Monthly Archives: February 2021

Is the most popular form of feminism today Imperial Feminism?

Is the most popular form of feminism today Imperial Feminism? 
by Ian Sinclair
Morning Star
16 February 2021

In the last decade or so there has been a resurgence of feminist writing and activism in the UK and beyond, which has raised consciousness in both women and men. Best-selling British Young Adult fiction author Holly Bourne, Nigerian-American writer Chimamanda Ngozi Adichie and Everyday Sexism’s Laura Bates have been three key figures in this important and necessary upsurge. I think they have all done, and continue to do, brilliant work popularizing feminism and feminist arguments for young people, and those who don’t identify as feminists, which has helped to improve the lives of women across the world. Indeed, I have given books written by all of them to family members in recent years. 

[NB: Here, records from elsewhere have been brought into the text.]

// One axis of stick 0 in keycode mode: its direction, as the make code of its arrow key, and its repeats.
ghost use Rattle.std.specs.Prelude.{◌≡◌, ◌+◌, ◌≤◌, min};
ghost use Rattle.sticks.specs.Sticks.{most_count, direction, horizontal, vertical};
ghost use Rattle.sticks.specs.Events.{axis_turned};
ghost use Rattle.sticks.specs.Ticks.{interval, axis_aged};
ghost use Rattle.sticks.specs.Keycode.{due_of, code_of, IsArrow};

use crate::{AxisTold, Count};
use output::ScanCode;
use protocol::Repeat;

// Where a repeat no longer depends on age and wait, they stop.
const MOST_COUNT: u16 = 2551;

#[tactic(auto, unfolding(crate::specs::Sticks::horizontal))]
pub(crate) fn horizontal(position: u8) -> Option<u8>
    ensures did { code_of result ≡ horizontal position }
    ensures make { IsArrow result }
{
    direction(
        position / 4 % 2 == 1,
        ScanCode::ARROW_LEFT,
        position / 8 % 2 == 1,
        ScanCode::ARROW_RIGHT,
    )
}

#[tactic(auto, unfolding(crate::specs::Sticks::vertical))]
pub(crate) fn vertical(position: u8) -> Option<u8>
    ensures did { code_of result ≡ vertical position }
    ensures make { IsArrow result }
{
    direction(
        position % 2 == 1,
        ScanCode::ARROW_UP,
        position / 2 % 2 == 1,
        ScanCode::ARROW_DOWN,
    )
}

// Of two opposite switches, each with its arrow: both closed are none.
fn direction(a: bool, first: u8, b: bool, second: u8) -> Option<u8>
    ensures did { code_of result ≡ direction a first b second }
    ensures make { ((1 ≤ first) × (first ≤ 0x7F) × (1 ≤ second) × (second ≤ 0x7F)) → IsArrow result }
{
    match (a, b) {
        (true, false) => Some(first),
        (false, true) => Some(second),
        _ => None,
    }
}

// The direction may have changed.
#[tactic(auto, unfolding(crate::specs::Events::axis_turned))]
pub(crate) fn axis_turned(old: Option<u8>, new: Option<u8>, count: Count) -> AxisTold
    requires { IsArrow old × IsArrow new }
    ensures due { due_of result ≡ axis_turned (code_of old) (code_of new) count }
    ensures make { IsArrow result.arrow }
{
    if old == new {
        return AxisTold { arrow: None, count };
    }
    AxisTold {
        arrow: new,
        count: Count::none(),
    }
}

// A tick.
#[tactic(auto, unfolding(crate::specs::Ticks::axis_aged, crate::specs::Ticks::repeated))]
pub(crate) fn axis_aged(repeat: Repeat, arrow: Option<u8>, count: Count) -> AxisTold
    requires { IsArrow arrow }
    ensures due { due_of result ≡ axis_aged repeat (code_of arrow) count }
    ensures make { IsArrow result.arrow }
{
    if arrow.is_none() {
        return AxisTold { arrow: None, count };
    }
    let age = one_more(count.age);
    let wait = one_more(count.wait);
    let every = interval(repeat, age);
    if every == 0 || wait < every {
        AxisTold {
            arrow: None,
            count: Count { age, wait },
        }
    } else {
        AxisTold {
            arrow,
            count: Count { age, wait: 0 },
        }
    }
}

// A tick more.
fn one_more(n: u16) -> u16
    ensures { result ≡ min (n + 1) most_count }
{
    n.saturating_add(1).min(MOST_COUNT)
}

// How many ticks lie between two arrow keys, at this age; 0 for no repeat, as the definition `interval` has it. A breakpoint of 0 lies before every age.
#[tactic(auto, unfolding(crate::specs::Ticks::interval))]
fn interval(repeat: Repeat, age: u16) -> u16
    requires { 1 ≤ age }
    ensures { result ≡ interval repeat age }
{
    if age <= 10 * u16::from(repeat.breakpoint) {
        10 * u16::from(repeat.before)
    } else {
        10 * u16::from(repeat.after)
    }
}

However, while I am an admirer of their work, I also think it is important to understand the dangerous limitations of the brand of feminism they propagate. 

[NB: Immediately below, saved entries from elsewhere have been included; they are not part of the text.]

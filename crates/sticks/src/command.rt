// Executed commands.
ghost use Rattle.std.specs.Prelude.{◌≡◌, ◌≤◌};
ghost use Rattle.sticks.specs.Sticks.{below_trigger, told_of};
ghost use Rattle.sticks.specs.Commands.{cleared, monitoring_left, commanded, mouse_commanded};

use crate::{Count, Sticks, SticksTold};
use output::Short;
use protocol::{MouseCommand, StickCommand, StickMode};

impl Sticks {
    // A command of the joysticks, in the mode `mode`.
    #[tactic(auto, unfolding(crate::specs::Commands::commanded))]
    pub fn commanded(self, c: StickCommand, mode: StickMode) -> SticksTold
        requires { (self.zero.position ≤ below_trigger) × (self.one.position ≤ below_trigger) }
        ensures { result ≡ told_of (commanded c mode self) }
    {
        match c {
            StickCommand::ReportSticks => SticksTold {
                short: Short::of([0xFD, self.zero.byte(), self.one.byte()]),
                sticks: self,
            },
            StickCommand::SticksOff => self.monitoring_left(mode).quiet(),
            _ => self.cleared().quiet(),
        }
    }

    // A command of the mouse: the three that set its mode leave a monitoring mode.
    #[tactic(auto, unfolding(crate::specs::Commands::mouse_commanded))]
    pub fn mouse_commanded(self, c: MouseCommand, mode: StickMode) -> Sticks
        ensures { result ≡ mouse_commanded c mode self }
    {
        match c {
            MouseCommand::SetRelative | MouseCommand::SetAbsolute | MouseCommand::SetKeycode =>
                self.monitoring_left(mode),
            _ => self,
        }
    }

    fn cleared(self) -> Self
        ensures { result ≡ cleared self }
    {
        Sticks {
            x: Count::none(),
            y: Count::none(),
            ticks: 0,
            samples: 0,
            bits: 0,
            ..self
        }
    }

    // A monitoring mode that is left takes what it has gathered with it.
    #[tactic(auto, unfolding(crate::specs::Commands::monitoring_left))]
    fn monitoring_left(mut self, mode: StickMode) -> Self
        ensures { result ≡ monitoring_left mode self }
    {
        if mode.is_monitoring() {
            self.ticks = 0;
            self.samples = 0;
            self.bits = 0;
        }
        self
    }
}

Asked in a 2016 online Q&A “If you were going to create an all-girl group of superheroes who’d you choose (real people and/or cartoon characters)?”, Bourne replied “Hillary Clinton.” She continued: “There’s so many awesome people in the world”, before also choosing “Malala” – that is Malala Yousafzai, the young Pakistani female education activist who was shot in the face by the Taliban in 2012. 

Adichie is also a big fan of the former US Secretary of State and Democratic presidential candidate. Sitting down for an obsequious Q&A with Clinton at a 2018 Pen America event, Adichie opened by noting “When I said hello to Mrs Clinton backstage, I had to try very hard not to get emotional.” She also explained she had recently written an article titled “Why is Hillary Clinton so Widely Loved?” The event ended with the two women embracing for a long time on stage.  

And writing in her inspiring 2016 book Girl Up about women and leadership, Bates highlights how Condoleezza Rice became US Secretary of State and “pioneered the policy of Transformational Diplomacy to increase the number of responsible democratic governments internationally”. 

Undoubtedly Clinton – and to a lesser extent, Rice – are role models for many women, and have been public advocates for women’s rights and other causes that impact women around the globe, such as female education. 

However, the inescapable fact is Clinton has been a senior member of the US government and wider US political establishment since the early 1990s, and therefore her crimes have been extensive and hugely destructive.  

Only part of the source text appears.